Vor allem ist es auch niemals notwendig/ macht keinen Sinn.
Casten braucht man nur, um danach Operationen des gecasteten Interfaces aufzurufen. Das interessiert nur im Quellcode.
Bei unbekannten Typ könnte man logischerweise auch nix mit dem dynamisch gecasteten Objekt anfangen.

Mit der Laufzeit hat das wenig zu tun.

------

Falls man nur den Typ des Objektes testen möchte, 
was auch mit unbekannten Klassen bestimmt irgendwie Sinn machen könnte:

x.getClass().isInstance(y)


----------



## SnooP (26. Okt 2006)

x instanceof y ?


----------



## Mark2 (26. Okt 2006)

danke für eure antworten. aber anscheinend versteht ihr mich nicht. ich möchte in ein array vom typ vector (und noch lieber ein treemap) objekte unterschiedlicher klassen abspeichern. diese objekte möchte ich mit ihrem objektnamen suchen.
es mag nicht logisch klingen, weil ich ja in unbekannten objekten nicht weiss welche methoden und variablen vorkommen. ich habe aber in jedem objekt ein identisches attribut, und nur darauf werde ich zugreifen.
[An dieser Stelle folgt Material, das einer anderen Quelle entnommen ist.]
//! A table's report, line by line.
ghost use Rattle.std.specs.Prelude.{◌≡◌, ◌<◌, ◌≤◌, ◌+◌, [], ◌++◌, drop, length, slice_range};
ghost use Rattle.std.specs.Prelude.{OnOk, IfOk};
ghost use Rattle.std.specs.Char.{is_ascii_digit};
ghost use Rattle.std.specs.List.{list_all};
ghost use Rattle.goo_log_chain.specs.Rows.{digits as digits_of, is_done as done_test};
ghost use Rattle.goo_log_chain.specs.Rows.{is_number as number_test, is_refused as refused_test, row, row_at, rows_behind};

use std::alloc::{AllocError, Global};

/// The digits in front of a line.
fn digits(line: &[u8]) -> usize
    ensures { result ≡ digits_of line.now }
{
    line.iter().take_while(|byte| byte.is_ascii_digit()).count()
}

/// Whether a row was accepted, or repeated.
fn is_done(rest: &[u8]) -> bool
    ensures { result ≡ done_test rest.now }
{
    rest == b" accepted".as_slice() || rest == b" repeated".as_slice()
}

/// Whether each byte is a digit.
fn are_digits(text: &[u8]) -> bool
    ensures { result ≡ list_all is_ascii_digit text.now }
{
    text.iter().all(|byte| byte.is_ascii_digit())
}

/// Whether this is a number.
fn is_number(text: &[u8]) -> bool
    ensures { result ≡ number_test text.now }
{
    !text.is_empty() && are_digits(text)
}

/// Whether a row was refused, with a number.
fn is_refused(rest: &[u8]) -> bool
    ensures { result ≡ refused_test rest.now }
{
    match rest.strip_prefix(b" refused ") {
        Some(number) => is_number(number),
        None => false,
    }
}

/// Adds a line without what a second import may change.
fn push_row_at(out: &mut Vec<u8>, number: usize, line: &[u8]) -> Result<(), AllocError>
    requires { number ≤ length line.now }
    ensures { OnOk result (out.new.items ≡ out.old.items ++ row_at number line.now) }
{
    let rest = &line[number..];
    if number > 0 && is_done(rest) {
        out.extend_from_slice(&line[..number])?;
        return out.extend_from_slice(b" ");
    }
    if number > 0 && is_refused(rest) {
        out.extend_from_slice(&line[..number])?;
        return out.extend_from_slice(b" refused");
    }
    out.extend_from_slice(line)
}

/// Adds a line without what a second import may change.
#[tactic(auto, unfolding(crate::specs::Rows::row))]
fn push_row(out: &mut Vec<u8>, line: &[u8]) -> Result<(), AllocError>
    ensures { OnOk result (out.new.items ≡ out.old.items ++ row line.now) }
{
    let number = digits(line);
    push_row_at(out, number, line)
}

/// Goes on by one byte of a report: where it ends a line, the line is added. Gives back where the
/// line begins that goes on.
fn push_byte(
    out: &mut Vec<u8>,
    report: &[u8],
    start: usize,
    index: usize,
) -> Result<usize, AllocError>
    requires begun { start ≤ index }
    requires inside { index < length report.now }
    ensures { IfOk result (λ next. (next ≤ index + 1)
        × (out.old.items ++ rows_behind (slice_range report.now start index)
        (drop index report.now)
        ≡ out.new.items ++ rows_behind (slice_range report.now next (index + 1))
        (drop (index + 1) report.now))) }
{
    if report[index] != b'\n' {
        return Ok(start);
    }
    push_row(out, &report[start..index])?;
    out.extend_from_slice(b"\n")?;
    Ok(index + 1)
}

/// A report without what a second import may change.
pub(crate) fn rows(alloc: Global, report: &[u8]) -> Result<Vec<u8>, AllocError>
    ensures { IfOk result (λ out. out.items ≡ rows_behind [] report.now) }
{
    let mut out = Vec::new(alloc);
    let mut start = 0;
    for index in 0..report.len() {
        start = push_byte(&mut out, report, start, index)?;
    }
    push_row(&mut out, &report[start..])?;
    Ok(out)
}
PS: wo kann ich denn hier ein photo unter meinen namen eintstellen? unter profil habe ich nix gefunden und unter boardregeln stand nix.


----------



## AlArenal (26. Okt 2006)

Weißt du was ein Interface ist?


----------



## André Uhres (26. Okt 2006)

Falls du wissen solltest was ein Interface ist:
Erstelle einfach ein Interface, das alle diese Klassen implementieren, dann brauchste nur den Typ vom Interface.


----------



## AlArenal (26. Okt 2006)

Falls du nicht weißt, was ein Interface ist:

Liesmich, Baby!


----------



## Mark2 (1. Nov 2006)

ok, ihr habt mich erwischt. ich bin noch kein java experte, und abstract und interface hatte ich mir bisher erspart zu lernen. :### 

ich habe jetzt rausgefunden wie man mittels interface allgemein auf jedes objekt zugreift. ist ein wenig umständlich und nicht so direkt wie ich es mir vorgestellt habe. aber man soll ja auch immer mit methoden auf variablen zugreifen...

trotzdem danke für eure hinweise   :wink:


----------